■ LISTED RECORDS:
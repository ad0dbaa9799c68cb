//! What is known of a tree.
use crate::fixtures::{letter, path, tree};
use iot_prune::{away, known, prune, widen};
use iot_text::{NoMemory, Path, Text};
use iot_tree::{Question, Tree, Want};
use std::alloc::Global;
use std::process::Abort;

/// Each row by its letter and its path.
fn spelled(alloc: Global, tree: &Tree) -> Result<Text, NoMemory> {
    let mut text = Text::new(alloc);
    for row in tree.rows().as_slice() {
        text.push(letter(&row.1))?;
        row.0.write_to(&mut text)?;
    }
    Ok(text)
}

/// What a client that knew nothing holds after it asked the server for this.
fn held(rt: &impl Abort, alloc: Global, want: &Want) -> Result<Tree, NoMemory> {
    let server = tree(rt, alloc, "mkdir /d\nwrite /d/n 1\n")?;
    let first = known(alloc, &Tree::far_root(alloc)?)?;
    let paths = widen(alloc, first, &server, want)?;
    prune(alloc, &server, &paths)
}

#[test]
fn a_directory_is_hoarded(rt: HostRuntime) -> Result<(), NoMemory> {
    let alloc = rt.alloc();
    let held = held(&rt, alloc, &Want::Below(path(&rt, alloc, "/d")))?;
    assert_eq!(rt; spelled(alloc, &held)?.as_bytes(), b"d/d/df/d/n".as_slice());
    assert_eq!(rt; known(alloc, &held)?.len(), 3);
    Ok(())
}

#[test]
fn what_is_not_known_is_away(rt: HostRuntime) -> Result<(), NoMemory> {
    let alloc = rt.alloc();
    let held = held(&rt, alloc, &Want::Path(Path::root(alloc)))?;
    assert_eq!(rt; spelled(alloc, &held)?.as_bytes(), b"d/D/d".as_slice());
    for (question, is_away) in [
        (Question::Kind(path(&rt, alloc, "/d")), false),
        (Question::Names(path(&rt, alloc, "/d")), true),
        (Question::Content(path(&rt, alloc, "/d/n")), true),
        (Question::Content(path(&rt, alloc, "/e")), false),
    ] {
        assert_eq!(rt; away(&held, &question), is_away);
    }
    Ok(())
}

■ WORK INSTRUCTION: Return every line holding the word "Content" from the records.

■ RESPONSE BELOW:
        (Question::Content(path(&rt, alloc, "/d/n")), true),
        (Question::Content(path(&rt, alloc, "/e")), false),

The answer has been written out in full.